Bone image analysis and categorizing bone cancers have both seen advancements thanks to deep learning (DL), more notably convolution neural networks (CNN). This study suggests a brand-new CNN-based methodology for categorizing pelvic bone tumors specifically. This work aims to create a pelvic bone computed tomography (CT) image categorization system based on deep learning. The proposed technique uses a convolutional neural network (CNN) architecture to automatically extract information from the CT images and classify them into distinct categories of tumors. A total of 178 3D CT pictures was discovered and added retroactively. DenseNet created the image-based model with Adam optimizer and cross entropy loss. The suggested system's accuracy is assessed using a variety of performance indicators, including sensitivity, specificity, and F1-score.
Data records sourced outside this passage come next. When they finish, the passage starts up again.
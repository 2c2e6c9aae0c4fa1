//! Headers and imports.
ghost use Rattle.grammar.specs.Reader.{Reads};
ghost use Rattle.module_grammar.specs.DeclarationReader as spec;

use crate::exposing::exposing_list;
use crate::names::upper;
use elm_base::{Exposing, Halt, Import, Name};
use grammar::{Cursor, NoTree, Terminal, terminated};
use module_grammar::Header;
use std::alloc::Global;

/// What a header exposes: without a list all.
#[tactic(auto, unfolding(module_grammar::specs::DeclarationReader::header_exposing))]
fn header_exposing(alloc: Global, tokens: &mut Cursor<'_>) -> Result<Exposing, Halt<NoTree>>
    ensures { Reads (spec.header_exposing tokens.old) result tokens.new }
{
    if tokens.sees(Terminal::LeftParen) {
        exposing_list(alloc, tokens)
    } else {
        Ok(Exposing::All)
    }
}

#[tactic(auto, unfolding(module_grammar::specs::DeclarationReader::header))]
pub fn header(alloc: Global, tokens: &mut Cursor<'_>) -> Result<Header, Halt<NoTree>>
    ensures { Reads (spec.header tokens.old) result tokens.new }
{
    let at = tokens.here()?;
    tokens.expect(Terminal::Module)?;
    let name = tokens.name(alloc, Terminal::Upper)?;
    let exposes = terminated(header_exposing(alloc, tokens)?, tokens, Terminal::Where)?;
    Ok(Header { at, name, exposes })
}

/// The name behind `as`, if one stands there.
#[tactic(auto, unfolding(module_grammar::specs::DeclarationReader::import_alias))]
fn import_alias(alloc: Global, tokens: &mut Cursor<'_>) -> Result<Option<Name>, Halt<NoTree>>
    ensures { Reads (spec.import_alias tokens.old) result tokens.new }
{
    if tokens.sees(Terminal::As) {
        tokens.expect(Terminal::As)?;
        Ok(Some(upper(alloc, tokens)?))
    } else {
        Ok(None)
    }
}

/// The list behind `exposing`, if one stands there.
#[tactic(auto, unfolding(module_grammar::specs::DeclarationReader::import_exposing))]
fn import_exposing(alloc: Global, tokens: &mut Cursor<'_>) -> Result<Option<Exposing>, Halt<NoTree>>
    ensures { Reads (spec.import_exposing tokens.old) result tokens.new }
{
    if tokens.sees(Terminal::Exposing) {
        tokens.expect(Terminal::Exposing)?;
        Ok(Some(exposing_list(alloc, tokens)?))
    } else {
        Ok(None)
    }
}

#[tactic(auto, unfolding(module_grammar::specs::DeclarationReader::import_))]
pub fn import(alloc: Global, tokens: &mut Cursor<'_>) -> Result<Import, Halt<NoTree>>
    ensures { Reads (spec.import_ tokens.old) result tokens.new }
{
    let at = tokens.here()?;
    tokens.expect(Terminal::Import)?;
    let module = tokens.name(alloc, Terminal::Upper)?;
    let alias = import_alias(alloc, tokens)?;
    let exposes = import_exposing(alloc, tokens)?;
    Ok(Import {
        at,
        module,
        alias,
        exposes,
    })
}
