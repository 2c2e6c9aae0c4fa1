//! Whole chunks of tokens, each from column 1 on, as one header, import or declaration.
ghost use Rattle.std.specs.Prelude.{◌≡◌};
ghost use Rattle.grammar.specs.Reader.{Reads};
ghost use Rattle.module_grammar.specs.DeclarationReader as spec;
ghost use Rattle.module_grammar.specs.ModuleReader as reading;

use crate::declarations::Declarations;
use crate::heads::{header, import};
use elm_base::{Declaration, Halt, Import};
use grammar::{Cursor, NoTree, verified};
use module_grammar::Header;
use std::alloc::Global;
use tree_nesting::{MOST_NESTING, declaration_nests_within};

/// A header that takes all of the chunk.
pub fn header_line(alloc: Global, chunk: &mut Cursor<'_>) -> Result<Header, Halt<NoTree>>
    ensures { Reads (spec.line spec.header chunk.old) result chunk.new }
{
    if !chunk.stands_in(1) {
        return Err(Halt::Because(NoTree));
    }
    let found = header(alloc, chunk)?;
    verified(found, chunk.is_empty(), Halt::Because(NoTree))
}

/// An import that takes all of the chunk.
pub fn import_line(alloc: Global, chunk: &mut Cursor<'_>) -> Result<Import, Halt<NoTree>>
    ensures { Reads (spec.line spec.import_ chunk.old) result chunk.new }
{
    if !chunk.stands_in(1) {
        return Err(Halt::Because(NoTree));
    }
    let found = import(alloc, chunk)?;
    verified(found, chunk.is_empty(), Halt::Because(NoTree))
}

/// A declaration that takes all of the chunk and nests within the limit. Types and expressions of it are read to the depth.
#[tactic(auto, unfolding(module_grammar::specs::ModuleReader::declaration_line))]
pub fn declaration_line(
    alloc: Global,
    depth: usize,
    chunk: &mut Cursor<'_>,
) -> Result<Declaration, Halt<NoTree>>
    ensures { Reads (reading.declaration_line depth chunk.old) result chunk.new }
{
    if !chunk.stands_in(1) {
        return Err(Halt::Because(NoTree));
    }
    let found = Declarations { alloc, depth }.declaration(chunk)?;
    let passes = chunk.is_empty() && declaration_nests_within(&found, MOST_NESTING);
    verified(found, passes, Halt::Because(NoTree))
}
As demonstrated by the experiment findings, the suggested deep learning based classification system has a high degree of accuracy (94%), making it useful for the diagnosis and treatment of pelvic bone tumors. Our promising results might hasten the use of DL-assisted CT diagnosis for pelvic bone tumors in the future.
基于深度学习的骨盆骨肿瘤精确诊断系统
得益于深度学习(DL),尤其是卷积神经网络(CNN),骨图像分析和骨癌分类都取得了进步。本研究提出了一种基于 CNN 的全新方法,专门用于骨盆骨肿瘤的分类。这项工作旨在创建一个基于深度学习的盆骨计算机断层扫描(CT)图像分类系统。所提出的技术采用卷积神经网络(CNN)架构,自动从 CT 图像中提取信息,并将其分为不同的肿瘤类别。共发现并追溯添加了 178 张三维 CT 图像。DenseNet 利用亚当优化器和交叉熵损失创建了基于图像的模型。所建议系统的准确性通过各种性能指标进行评估,包括灵敏度、特异性和 F1 分数。实验结果表明,所建议的基于深度学习的分类系统具有很高的准确率(94%),使其在骨盆骨肿瘤的诊断和治疗中大显身手。我们的研究结果有望在未来推动DL辅助CT诊断骨盆骨肿瘤的应用。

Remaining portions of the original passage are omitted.